Title: Rescaling the energy label for washing machines: an opportunity to bring technology development and consumer behaviour closer together
Citation: ENERGY EFFICIENCY vol. 13 no. 1 p. 51–67
Publisher: SPRINGER
Publication Year: 2020
JRC N°: JRC118144
ISSN: 1570-6478 (online),1570-646X (print)
URI: https://link.springer.com/content/pdf/10.1007%2Fs12053-019-09829-4.pdf
DOI: 10.1007/s12053-019-09829-4
Type: Articles in periodicals and books
Abstract: Washing machines have in recent years incorporated programmes that are very energy- and water-efficient, but this entails a long programme duration, often beyond four hours. These are also the programmes that manufactures use to define, test and declare the overall water and energy efficiency of the machines. In response to these developments, there is evidence that consumers are reluctant to use excessively lengthy programmes, even if they are aware that the programmes are more energy-efficient.

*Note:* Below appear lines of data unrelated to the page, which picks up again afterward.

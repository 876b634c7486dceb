//! The law of reports' texts: a function that does nothing, whose contract is the law.
ghost use Rattle.report.specs.Laws.{TextsTellReports};

/// At most one report has a given text.
pub fn texts_tell_reports()
    ensures { TextsTellReports }
{}
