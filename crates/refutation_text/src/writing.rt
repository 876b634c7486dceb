//! Steps as text.
ghost use Rattle.std.specs.Prelude.{◌≡◌, ◌∷◌, ◌++◌, [], codes, decimal, OnOk};
ghost use Rattle.std.specs.List.{All, flat_map};
ghost use Rattle.refutation_text.specs.Texts.{bit_byte, implied_text, literal_text, move_text, pairs_text, reason_text, step_text, text_of, IsImplied, IsLiteral, IsMove, IsReason, IsStep};
ghost use Rattle.refutation_text.specs.inner.Parts.{AreReasons};

use itoa::Buffer;
use refutation::{Implied, Literal, Move, Pairs, Reason, Step};
use std::alloc::AllocError;

fn bit_byte(bit: bool) -> u8
    ensures { result ≡ bit_byte bit }
{
    if bit { b'1' } else { b'0' }
}

fn push_pairs(text: &mut Vec<u8>, pairs: Pairs) -> Result<(), AllocError>
    ensures { OnOk result (text.new.items ≡ text.old.items ++ pairs_text pairs) }
{
    let bytes = [
        bit_byte(pairs.zero),
        bit_byte(pairs.rises),
        bit_byte(pairs.falls),
        bit_byte(pairs.one),
        b' ',
    ];
    text.extend_from_slice(&bytes)
}

/// Adds a number.
fn push_number(text: &mut Vec<u8>, number: u32) -> Result<(), AllocError>
    ensures { OnOk result (text.new.items ≡ text.old.items ++ decimal number) }
{
    text.extend_from_slice(Buffer::new().format(number).as_bytes())
}

fn push_literal(text: &mut Vec<u8>, literal: &Literal) -> Result<(), AllocError>
    ensures text { OnOk result (text.new.items ≡ text.old.items ++ literal_text literal.now) }
    ensures within { OnOk result (IsLiteral literal.now) }
{
    push_number(text, literal.signal.0)?;
    text.extend_from_slice(b":")?;
    push_pairs(text, literal.pairs)
}

fn push_reason(text: &mut Vec<u8>, reason: &Reason) -> Result<(), AllocError>
    ensures text { OnOk result (text.new.items ≡ text.old.items ++ reason_text reason.now) }
    ensures within { OnOk result (IsReason reason.now) }
{
    match reason {
        Reason::Gate(x) => {
            text.extend_from_slice(b"=")?;
            push_number(text, x.0)?;
            text.extend_from_slice(b" ")
        }
        Reason::Lemma(k) => {
            text.extend_from_slice(b"*")?;
            push_number(text, *k)?;
            text.extend_from_slice(b" ")
        }
        Reason::Way => text.extend_from_slice(b"! "),
        Reason::Gates => text.extend_from_slice(b"~ "),
    }
}

fn push_implied(text: &mut Vec<u8>, implied: &Implied) -> Result<(), AllocError>
    ensures text { OnOk result (text.new.items ≡ text.old.items ++ implied_text implied.now) }
    ensures within { OnOk result (IsImplied implied.now) }
{
    push_literal(text, &implied.literal)?;
    push_reason(text, &implied.reason)
}

fn push_move(text: &mut Vec<u8>, item: &Move) -> Result<(), AllocError>
    ensures text { OnOk result (text.new.items ≡ text.old.items ++ move_text item.now) }
    ensures within { OnOk result (IsMove item.now) }
{
    match item {
        Move::Imply(implied) => push_implied(text, implied),
        Move::Sweep => text.extend_from_slice(b"~ "),
    }
}

fn push_clause(text: &mut Vec<u8>, literals: &[Literal]) -> Result<(), AllocError>
    ensures text { OnOk result (text.new.items ≡ text.old.items ++ flat_map literal_text literals.now) }
    ensures within { OnOk result (All IsLiteral literals.now) }
{
    for literal in literals {
        push_literal(text, literal)?;
    }
    Ok(())
}

fn push_moves(text: &mut Vec<u8>, moves: &[Move]) -> Result<(), AllocError>
    ensures text { OnOk result (text.new.items ≡ text.old.items ++ flat_map move_text moves.now) }
    ensures within { OnOk result (All IsMove moves.now) }
{
    for item in moves {
        push_move(text, item)?;
    }
    Ok(())
}

/// Adds the moves, and the last reason.
fn push_reasons(text: &mut Vec<u8>, step: &Step) -> Result<(), AllocError>
    ensures text { OnOk result (text.new.items ≡ text.old.items ++ (flat_map move_text step.now.moves ++ (codes "; " ++ (reason_text step.now.last ++ codes ")")))) }
    ensures within { OnOk result (AreReasons (step.now.moves, step.now.last)) }
{
    push_moves(text, step.moves())?;
    text.extend_from_slice(b"; ")?;
    push_reason(text, step.last())?;
    text.extend_from_slice(b")")
}

fn push_step(text: &mut Vec<u8>, step: &Step) -> Result<(), AllocError>
    ensures text { OnOk result (text.new.items ≡ text.old.items ++ step_text step.now) }
    ensures within { OnOk result (IsStep step.now) }
{
    text.extend_from_slice(b" ( ")?;
    push_clause(text, step.clause())?;
    text.extend_from_slice(b"; ")?;
    push_reasons(text, step)
}

/// Adds the text of these steps, in this order, to a text. Where memory is refused, a part of it may have been added.
pub fn push_steps(text: &mut Vec<u8>, steps: &[Step]) -> Result<(), AllocError>
    ensures text { OnOk result (text.new.items ≡ text.old.items ++ text_of steps.now) }
    ensures within { OnOk result (All IsStep steps.now) }
{
    for step in steps {
        push_step(text, step)?;
    }
    Ok(())
}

This paper analyses this divergence of programme offer and programme use, which jeopardises the energy efficiency policy objectives for these appliances in the European Union (EU). The paper explores several policy measures to address this divergence, discussed in the context of the revision of the Ecodesign and Energy Labelling Regulations that apply to washing machines in the EU. Three different measures are studied: the provision of information about the programme duration on the energy label, the inclusion of time as an intrinsic parameter of the energy efficiency index calculations, and the setting of a programme duration cap. The paper concludes that introducing programme duration as an additional parameter of the energy efficiency index would result in the highest energy savings. However, this scenario is associated with significant uncertainties since competition among manufacturers for a better energy label classification will not solely focus on energy efficiency aspects, and the outcome of such competition is unclear. The other two measures investigated are less effective but would also deliver savings. A programme duration cap would bring energy savings if consumers are aware of their existence and select the now shorter yet energy-efficient programmes more often. The provision of programme duration information on the energy label would also be effective, but requires that consumers are able to correctly understand it.